A weekly collection of websites worth visiting.
Soon, possibly by the time you read this, a private company, not a government-backed entity, will send a spaceship with a crew of three to the edge of space, hopefully twice in a two-week period.
The company that will accomplish this is the Mojave, California-based Scaled Composites/
The driving force and founder of Scaled Composites is Burt Rutan who is truly a modern-day Thomas Edison. Rutan’s genius is not in things electric, it’s in the flow of air and the ability to build things that are light, efficient, strong and safe. His company builds prototype aircraft out of composite materials. And, they are unlike any aircraft you might see parked on the tarmac at your local airport.

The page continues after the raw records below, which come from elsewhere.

// What holds of texts of sound boxes.
ghost use Rattle.std.specs.Prelude.{◌≡◌, ℕ, List};
ghost use Rattle.fore_base.specs.declared.shape.Shapes.{Shapes};
ghost use Rattle.fa_core.specs.Boxes.{Boxes};
ghost use Rattle.fa_text.specs.Files.{IsBoxFile, IsFirst};
ghost use Rattle.fa_text.specs.declared.fault.BoxFault.{BoxFault};

use fa_written::laws::{no_line_is_in_the_way, one_line_is_first, texts_write_one_list};

/// A text has at most one table over the structs of a program.
pub fn texts_have_one_table()
    ensures { (text : List ℕ) (shapes : Shapes) (one other : Boxes) → IsBoxFile text shapes one
        → IsBoxFile text shapes other → one ≡ other }
{
    texts_write_one_list();
    one_line_is_first();
    no_line_is_in_the_way();
}

/// A text breaks at most one rule first.
pub fn one_rule_is_first()
    ensures { (text : List ℕ) (shapes : Shapes) (one other : BoxFault) → IsFirst text shapes one
        → IsFirst text shapes other → one ≡ other }
{
    texts_write_one_list();
    one_line_is_first();
    no_line_is_in_the_way();
}

/// A text that has a table breaks no rule.
pub fn tables_break_none()
    ensures { (text : List ℕ) (shapes : Shapes) (table : Boxes) (fault : BoxFault) → IsBoxFile text shapes table
        → IsFirst text shapes fault → ⊥ }
{
    texts_write_one_list();
    one_line_is_first();
    no_line_is_in_the_way();
}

But Scaled has not just built prototype aircraft. It has also built prototype concept cars (the body shells only). Those cars were commissioned by Advanced Engineering Staff of General Motors as technology demonstration vehicles. The cars, two of them, were called, appropriately, Ultralite.
Ultralite had room for four adults, excellent handling and, because of its low weight, high fuel efficiency and reduced emissions. The car was specified to also to meet strict crash resistance in front, side and rollover testing.
Under an aggressive schedule, Scaled was able to build two of the body shells of carbon fiber, PVC foam and other composites in less than 12 weeks. Each body shell structural weight, including two doors, front and rear bumpers and interior components, was only 420 lb, within 1 percent of the original structural weight estimate. Structural stiffness tests conducted later by GM showed Ultralite to be considerably stiffer than anything they’s previously tested.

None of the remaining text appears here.